白いジャージリターンズ~先生と私と空~
二次会は夜景の見えるBarだった。
こういう場所に先生と来ることも久しぶりでドキドキした。
空がいるから、途中で帰る予定にしていたけど、子供のことを考えて禁煙にしてくれていたので、顔を出すことにした。

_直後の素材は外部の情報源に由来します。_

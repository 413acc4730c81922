// Stored levels of bits: one pass of a round over them, and how they are kept between passes.
// A level R from -L to L is kept as R + L: cutting at -L is then the subtraction that stops at 0.
// Rests on `counting`, and on `quantiser_levels` for the cells of levels. Document 01: "Iterative voting", steps 4 to 6. Document 02: cards 2 and 7.
#![tactic(auto)]

ghost use Rattle.std.specs.Prelude.{◌≡◌, cond, min, ◌+◌, ◌-◌, ◌*◌, ◌<◌, ◌≤◌, eqb, nat_abs, length};
ghost use Rattle.std.proofs.Math.IntN.{sub_ℕ};
ghost use Rattle.counting.specs.Paper.Lists.{listed, over};
ghost use Rattle.counting.specs.Places.{at};
ghost use Rattle.quantiser_levels.specs.Paper.Samples.{most_level};
ghost use Rattle.iterative_levels.specs.Levels.{most_kept, biased, unbiased, next_level, above_middle, Bounds, Moved, Narrow, Bounded, Biased, Restorable};

use quantiser_levels::Cell;

// A level as it is kept: from 0 to 2L.
pub type Kept = u16;

// The first number at a bit 0, the second at a bit 1.
fn by_bit(z: u8, zero: u16, one: u16) -> u16
    ensures { result ≡ cond (eqb z 0) zero one }
{
    if z == 0 { zero } else { one }
}

// x + plus - minus, cut to 0 and the ceiling.
fn shifted(x: Kept, plus: u16, minus: u16, ceiling: Kept) -> Kept
    requires { x + plus < 65536 }
    ensures { result ≡ min ceiling (x + plus - minus) }
{
    (x + plus).saturating_sub(minus).min(ceiling)
}

// The next level of a bit z, v of whose own `weight` checks fail: E is 2v - weight where z is 0, weight - 2v where it is 1.
// What is added and what is taken away are chosen first, so that the compiled loop has one sum and one difference for both bits.
fn next_level(x: Kept, z: u8, v: u8, weight: u8, ceiling: Kept) -> Kept
    requires { (x ≤ ceiling) × (ceiling ≤ most_kept) }
    ensures { result ≡ next_level weight ceiling x z v }
{
    let twice = 2 * (v as u16);
    let all = weight as u16;
    shifted(x, by_bit(z, twice, all), by_bit(z, all, twice), ceiling)
}

// The bit of a level: 1 exactly where R is above 0.
#[tactic(auto, unfolding(crate::specs::Levels::above_middle))]
fn is_above(x: Kept, middle: Kept) -> u8
    ensures { result ≡ above_middle middle x }
{
    (middle < x) as u8
}

// Brings the first n levels and bits to the next round. Each reads its own votes, which are those of the old bits, and its own weight.
// Only this repository's crates call it, with sizes and column weights of an accepted matrix, and levels up to the ceiling.
// Nothing that it reads in the arrays has more than sixteen bits, so that the compiled loop takes eight places at a time.
pub fn update(
    votes: &[u8; 1023],
    weights: &[u8; 1023],
    n: usize,
    middle: Kept,
    ceiling: Kept,
    bits: &mut [u8; 1023],
    levels: &mut [Kept; 1023],
)
    requires { Bounds n ceiling levels.old × (length bits.old ≡ 1023) × (length levels.old ≡ 1023) }
    ensures { Moved votes.now (at weights.now) n middle ceiling bits.old levels.old bits.new levels.new }
{
    for j in 0..n {
        let x = next_level(levels[j], bits[j], votes[j], weights[j], ceiling);
        levels[j] = x;
        bits[j] = is_above(x, middle);
    }
}

// Keeps the first n weights as numbers of eight bits; the cells past them stay. Only this repository's crates call it, with weights of up to 255.
// `matrix_columns::weigh` is its like over words of 64 bits behind the columns' sets; one line of a loop is shorter than a trait for both.
#[tactic(auto, using(counting::proofs::Loops::over_start, counting::proofs::Loops::over_step))]
pub fn narrow(weights: &[u16; 1023], n: usize, kept: &mut [u8; 1023])
    requires { Narrow n weights.now × (length kept.old ≡ 1023) }
    ensures { kept.new ≡ over (listed n (at weights.now)) kept.old }
{
    for j in 0..n {
        kept[j] = weights[j] as u8;
    }
}

// R + L.
fn bias_one(r: Cell, middle: Kept) -> Kept
    requires { (middle ≤ most_level) × (nat_abs r ≤ middle) }
    ensures { result ≡ biased middle r }
{
    let s = r + (middle as Cell);
    s as Kept
}

// And back.
fn unbias_one(x: Kept, middle: Kept) -> Cell
    requires { (middle ≤ most_level) × (x ≤ 2 * middle) }
    ensures { result ≡ sub_ℕ x middle }
{
    (x as Cell) - (middle as Cell)
}

// Keeps the first n levels as R + L; the cells past them stay. Only this repository's crates call it, with levels from -L to L.
pub fn bias(levels: &[Cell], n: usize, middle: Kept, kept: &mut [Kept; 1023])
    requires { Bounded n middle levels.now × (length kept.old ≡ 1023) }
    ensures { Biased n middle levels.now kept.old kept.new }
{
    for j in 0..n {
        kept[j] = bias_one(levels[j], middle);
    }
}

// Writes the first n levels back. Only this repository's crates call it, with room for them.
#[tactic(auto, using(counting::proofs::Loops::over_start, counting::proofs::Loops::over_step, counting::proofs::Loops::over_length), unfolding(crate::specs::Levels::unbiased))]
pub fn unbias(kept: &[Kept; 1023], n: usize, middle: Kept, levels: &mut [Cell])
    requires { Restorable n middle kept.now levels.old }
    ensures { levels.new ≡ over (listed n (unbiased middle kept.now)) levels.old }
{
    for j in 0..n {
        levels[j] = unbias_one(kept[j], middle);
    }
}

ピカピカ笑顔の美亜ちゃんの隣で、渋いけど嬉しそうな隆介君。
「ねえ、先生。実は俺たち、絶賛子作り挑戦中なんですよ」
とたっくんが先生に言っているのが聞こえた。
ゆかりからは、ここ数ヶ月『できたかも?』と連絡が何度もあったことを思い出す。
なかなかできないんだ、と悩んでいるゆかりを見ていると、ある後悔が浮かぶ。
何年も前だったけど、ゆかりに赤ちゃん用の靴下をあげたことがあるんだ。
赤ちゃんが欲しいって言ってたから、いつかの為に。
私は無知だった。
子供を望めばすぐにできるものではない。
欲しくてもできない人もいるし、事情があって生めない人だっている。
まだ子供ができていない友達にそんなものを渡してしまったこと……
デリカシーがなかったな、と反省。
そのことを謝ることもできずにいる。
できたらいいね、と話しているけど、胸が痛くなる。
きっと、私には言えないこともある。
母になってわかる。
二人目が欲しいのにできないママは、先に二人目ができたママをうらやましく見ていることも知ってる。
陰で嫌味を言われているのも見たことがあるし、女の嫉妬?
母の嫉妬というのか、本当にいろいろあって。
実際、私もその渦の真っただ中にいて。